As in Canada, we need to embrace local support, involvement, and sustainability. That means dealing the states in, but remaining united.
We do need a mandate. All citizens must contribute up to their means. This means fine-tuning the incentives so that people, especially young people, act.
We also need to help fund our health programs with graduated taxes on our most wealthy. Income disparity is now the greatest threat to our democracy. Supporting national health helps spread the wealth in more ways then one.
We need to build on the Medicaid success, and continue to support state waivers in the interest of openness and experimentation.
We should not move to block grants. That just passes the buck. Instead let’s work with state leaders to incentivize the creation of compassionate financial brakes on the system. We are all in this together, and we’ve proven that some states, if left in the darkness, will tolerate great suffering of their people rather than share resources or responsibility.

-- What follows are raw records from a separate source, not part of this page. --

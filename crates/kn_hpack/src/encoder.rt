ghost use Rattle.std.specs.Prelude.{◌≡◌, ◌≤◌, ◌*◌, ◌+◌, ◌++◌, [], suc, true, false, IfOk, OnOk, OnErr, ◌∷◌, if◌then◌else◌};
ghost use Rattle.kn_hpack.specs.Fields.{pair};
ghost use Rattle.kn_hpack.specs.Encoding.{tail_of, integer_of, plain, field_text, block_of};

use crate::headers::Headers;
use crate::static_table::static_place;
use kn_io::{Blob, NoMemory};
use std::alloc::{AllocError, Global};
use std::marker::Model;

/// Continuation bytes, at most `left`.
#[tactic(auto, unfolding(crate::specs::Encoding::tail_of))]
fn push_tail(out: &mut Vec<u8>, number: usize, left: u8) -> Result<(), AllocError>
    ensures { OnOk result (out.new.items ≡ out.old.items ++ tail_of left number) }
{
    if left == 0 {
        return Ok(());
    }
    if number < 128 {
        out.push(number as u8)?;
        return Ok(());
    }
    out.push((number % 128 + 128) as u8)?;
    push_tail(out, number / 128, left - 1)?;
    Ok(())
}

/// A number behind a prefix whose largest value is `top`, and above it the pattern `kind`.
#[tactic(auto, unfolding(crate::specs::Encoding::integer_of))]
fn push_integer(out: &mut Vec<u8>, kind: u8, top: u8, number: usize) -> Result<(), AllocError>
    requires small { top ≤ 127 }
    requires byte { kind * suc top + top ≤ 255 }
    ensures { OnOk result (out.new.items ≡ out.old.items ++ integer_of kind top number) }
{
    let first = kind * (top + 1);
    if number < usize::from(top) {
        out.push(first + number as u8)?;
        return Ok(());
    }
    out.push(first + top)?;
    push_tail(out, number - usize::from(top), 10)?;
    Ok(())
}

/// A string that is not coded.
#[tactic(auto, unfolding(crate::specs::Encoding::plain))]
fn push_plain(out: &mut Vec<u8>, text: &[u8]) -> Result<(), AllocError>
    ensures { OnOk result (out.new.items ≡ out.old.items ++ plain text.now) }
{
    push_integer(out, 0, 127, text.len())?;
    out.extend_from_slice(text)?;
    Ok(())
}

/// A field: its index in the static table, or a literal without indexing.
#[tactic(auto, unfolding(crate::specs::Encoding::field_text))]
fn push_field(out: &mut Vec<u8>, name: &[u8], value: &[u8]) -> Result<(), AllocError>
    ensures { OnOk result (out.new.items ≡ out.old.items ++ field_text (pair name.now value.now)) }
{
    match static_place(name, value) {
        Some(place) => {
            push_integer(out, 1, 127, usize::from(place) + 1)?;
            Ok(())
        }
        None => {
            out.push(0)?;
            push_plain(out, name)?;
            push_plain(out, value)?;
            Ok(())
        }
    }
}

/// Writes the header blocks of one side of a connection. Contracts see it as whether it wrote one yet.
#[derive(Drop)]
pub struct Encoder {
    wrote: bool,
}

impl Model for Encoder {
    ghost use Rattle.std.specs.Prelude.{Bool};

    ghost Value = { Bool };

    ghost view = { λ e. e.wrote };
}

/// What stands before the fields: in the first block a dynamic table size update to 0.
fn start(alloc: Global, wrote: bool) -> Result<Vec<u8>, AllocError>
    ensures { IfOk result (λ v. v.items ≡ (if wrote then [] else 32 ∷ [])) }
{
    let mut out = Vec::new(alloc);
    if wrote {
        return Ok(out);
    }
    out.push(0x20)?;
    Ok(out)
}

/// The bytes of a block.
#[tactic(auto, unfolding(crate::specs::Encoding::block_of))]
fn write(alloc: Global, wrote: bool, headers: &Headers) -> Result<Vec<u8>, AllocError>
    ensures { IfOk result (λ v. v.items ≡ block_of wrote headers.now) }
{
    let mut out = start(alloc, wrote)?;
    for index in 0..headers.len() {
        push_field(&mut out, headers.name(index), headers.value(index))?;
    }
    Ok(out)
}

impl Encoder {
    pub fn new() -> Encoder
        ensures { result ≡ false }
    {
        Encoder { wrote: false }
    }

    /// The block that stands for the list. The first one begins with a dynamic table size update to 0. A
    /// field of the static table is written as its index, and each other as a literal without indexing, its
    /// name and its value as plain strings. An `Err` changes nothing.
    pub fn block(&mut self, alloc: Global, headers: &Headers) -> Result<Blob, NoMemory>
        ensures ok { IfOk result (λ b. b ≡ block_of self.old headers.now) }
        ensures wrote { OnOk result (self.new ≡ true) }
        ensures err { OnErr result (self.new ≡ self.old) }
    {
        let out = write(alloc, self.wrote, headers)?;
        let block = Blob::of(alloc, out.as_slice())?;
        self.wrote = true;
        Ok(block)
    }
}

#[cfg(test)]
mod tests {
    use super::*;
    use crate::decoder::Decoder;
    use std::test::Fail;

    #[test]
    fn two_blocks_and_their_lists(rt: HostRuntime) -> Result<(), Fail> {
        let alloc = rt.alloc();
        let mut headers = Headers::new(alloc);
        headers.add(alloc, b":method", b"GET")?;
        headers.add(alloc, b"a", b"b")?;
        headers.add(alloc, b":path", b"/x")?;
        let mut encoder = Encoder::new();
        let mut decoder = Decoder::new(alloc);
        let expected = [
            b"\x20\x82\x00\x01a\x01b\x00\x05:path\x02/x".as_slice(),
            b"\x82\x00\x01a\x01b\x00\x05:path\x02/x".as_slice(),
        ];
        for bytes in expected {
            let block = encoder.block(alloc, &headers)?;
            assert_eq!(rt; block.as_slice(), bytes);
            let list = decoder.block(alloc, block.as_slice())?;
            assert!(rt; !list.is_empty());
            assert_eq!(rt; list.len(), 3);
            assert_eq!(rt; list.name(0), b":method".as_slice());
            assert_eq!(rt; list.value(2), b"/x".as_slice());
        }
        Ok(())
    }
}
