ghost use Rattle.std.specs.Prelude.{◌≡◌, ◌≤◌, ◌<◌, length, IfOk};
ghost use Rattle.kn_hpack.specs.Faults.{Gives};
ghost use Rattle.kn_hpack.specs.Blocks.{kind_of, indexed_at, name_at, literal_at, limit_at, step_at, progress};

use crate::dynamic_table::Dynamic;
use crate::fault::{HpackReason, TextError};
use crate::field::Pair;
use crate::gathered::Gathered;
use crate::integers::integer_at;
use crate::strings::string_at;
use std::alloc::Global;

/// The representations of a header block (RFC 7541, section 6).
#[derive(Clone, Copy, Drop)]
pub enum Kind {
    /// An indexed field (6.1).
    Indexed,
    /// A literal that is added to the dynamic table (6.2.1).
    Added,
    /// A new limit of the dynamic table (6.3).
    Resized,
    /// A literal that is never indexed (6.2.3).
    Never,
    /// A literal without indexing (6.2.2).
    Plain,
}

/// The representation that begins with this byte.
#[tactic(auto, unfolding(crate::specs::Blocks::kind_of))]
fn kind_from(byte: u8) -> Kind
    ensures { result ≡ kind_of byte }
{
    if byte >= 128 {
        Kind::Indexed
    } else if byte >= 64 {
        Kind::Added
    } else if byte >= 32 {
        Kind::Resized
    } else if byte >= 16 {
        Kind::Never
    } else {
        Kind::Plain
    }
}

/// The field that an index names, and the bytes after it.
#[tactic(auto, unfolding(crate::specs::Blocks::indexed_at))]
fn indexed<'a>(
    alloc: Global,
    table: &Dynamic,
    bytes: &'a [u8],
) -> Result<(Pair, &'a [u8]), TextError>
    ensures { Gives (λ x. (x.0, x.1.now)) result (indexed_at table.now bytes.now) }
{
    let (index, rest) = integer_at(bytes, 127)?;
    match table.field_at(index) {
        Some((name, value)) => {
            let field = Pair::copy_of(alloc, name, value)?;
            Ok((field, rest))
        }
        None => Err(TextError::Fault(HpackReason::Index)),
    }
}

/// A name by its index, or in text where the index is 0, and the bytes after it.
#[tactic(auto, unfolding(crate::specs::Blocks::name_at))]
fn name_of<'a>(
    alloc: Global,
    table: &Dynamic,
    bytes: &'a [u8],
    top: u8,
) -> Result<(Vec<u8>, &'a [u8]), TextError>
    requires { top ≤ 127 }
    ensures { Gives (λ x. (x.0.items, x.1.now)) result (name_at table.now top bytes.now) }
{
    let (index, rest) = integer_at(bytes, top)?;
    if index == 0 {
        return string_at(alloc, rest);
    }
    match table.field_at(index) {
        Some((name, _)) => {
            let name = Vec::from_slice(alloc, name)?;
            Ok((name, rest))
        }
        None => Err(TextError::Fault(HpackReason::Index)),
    }
}

/// A literal, and the bytes after it.
#[tactic(auto, unfolding(crate::specs::Blocks::literal_at))]
fn literal<'a>(
    alloc: Global,
    table: &Dynamic,
    bytes: &'a [u8],
    top: u8,
) -> Result<(Pair, &'a [u8]), TextError>
    requires { top ≤ 127 }
    ensures { Gives (λ x. (x.0, x.1.now)) result (literal_at table.now top bytes.now) }
{
    let (name, rest) = name_of(alloc, table, bytes, top)?;
    let (value, rest) = string_at(alloc, rest)?;
    Ok((Pair::new(name, value), rest))
}

/// A new limit of the dynamic table, and the bytes after it.
#[tactic(auto, unfolding(crate::specs::Blocks::limit_at))]
fn limit_of<'a>(fields: &Gathered, bytes: &'a [u8]) -> Result<(u32, &'a [u8]), TextError>
    ensures value { Gives (λ x. (x.0, x.1.now)) result (limit_at fields.now bytes.now) }
    ensures bound { IfOk result (λ x. x.0 ≤ 4096) }
{
    let (limit, rest) = integer_at(bytes, 31)?;
    if limit > 4096 || !fields.is_empty() {
        return Err(TextError::Fault(HpackReason::TableSize));
    }
    Ok((limit, rest))
}

/// One representation, and the bytes after it.
#[tactic(auto, unfolding(crate::specs::Blocks::step_at))]
pub fn step<'a>(
    alloc: Global,
    table: &mut Dynamic,
    fields: &mut Gathered,
    bytes: &'a [u8],
) -> Result<&'a [u8], TextError>
    requires { 0 < length bytes.now }
    ensures { Gives (λ rest. (progress table.new fields.new, rest.now)) result (step_at (progress table.old fields.old) bytes.now) }
{
    match kind_from(bytes[0]) {
        Kind::Indexed => {
            let (field, rest) = indexed(alloc, table, bytes)?;
            fields.keep(field)?;
            Ok(rest)
        }
        Kind::Added => {
            let (field, rest) = literal(alloc, table, bytes, 63)?;
            table.add(alloc, field.name(), field.value())?;
            fields.keep(field)?;
            Ok(rest)
        }
        Kind::Resized => {
            let (limit, rest) = limit_of(fields, bytes)?;
            table.resize(limit as usize);
            Ok(rest)
        }
        Kind::Never => {
            let (field, rest) = literal(alloc, table, bytes, 15)?;
            fields.keep(field)?;
            Ok(rest)
        }
        Kind::Plain => {
            let (field, rest) = literal(alloc, table, bytes, 15)?;
            fields.keep(field)?;
            Ok(rest)
        }
    }
}
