// Three processes of the product over this machine's loopback, driven from outside. With the words of a program that
// uses the network this is that program, as `kn` is; without words it starts itself as a server, an agent and a
// client, and says of each step that it was done.
#![tactic(auto)]

mod children;
mod driver;
mod sockets;
mod steps;

use kn_io::{NoMemory, StdSink};
use kn_net::run_on_sockets;
use std::alloc::Global;
use std::env;
use std::process::ExitCode;

fn main(rt: HostRuntime) -> ExitCode {
    let alloc = rt.alloc();
    let Some(args) = args_of(&rt) else {
        return ExitCode::from(7);
    };
    let Ok(words) = borrowed(alloc, &args) else {
        return ExitCode::from(7);
    };
    if words.is_empty() {
        return ExitCode::from(driver::drive(&rt));
    }
    let mut err = StdSink::new(rt.stderr());
    ExitCode::from(run_on_sockets(&rt, alloc, &words, &mut err))
}

fn args_of(rt: &HostRuntime) -> Option<Vec<String>> {
    match env::args(rt) {
        Ok(args) => args.skip(1).collect(rt.alloc()).ok(),
        Err(_) => None,
    }
}

fn borrowed<'a>(alloc: Global, args: &'a [String]) -> Result<Vec<&'a str>, NoMemory> {
    let mut words = Vec::with_capacity(alloc, args.len())?;
    for arg in args {
        words.push(arg.as_str())?;
    }
    Ok(words)
}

We need to be confident that many of the 19 state hold-outs will now choose to participate. If they do not, we need a back-up plan that does not depend on the largess of private insurers.
We need to call the private insurers bluff. They want to get out of the business. Fine. Get our best national and state public health financial people on the first plane to Canada, and figure out what they did to make Canada the top payer. If our private insurers wilt, we will have gained resources not lost them.
The U.S. health care system is at a turning point. On that we can all agree. Our problem is not lack of resources or options. Our problem is largely cultural and historical. Canada’s health care system is by no means perfect. But as we have seen, in their embrace of universality, diversity, transparency and flexibility, their experience could well inform this nation’s next steps.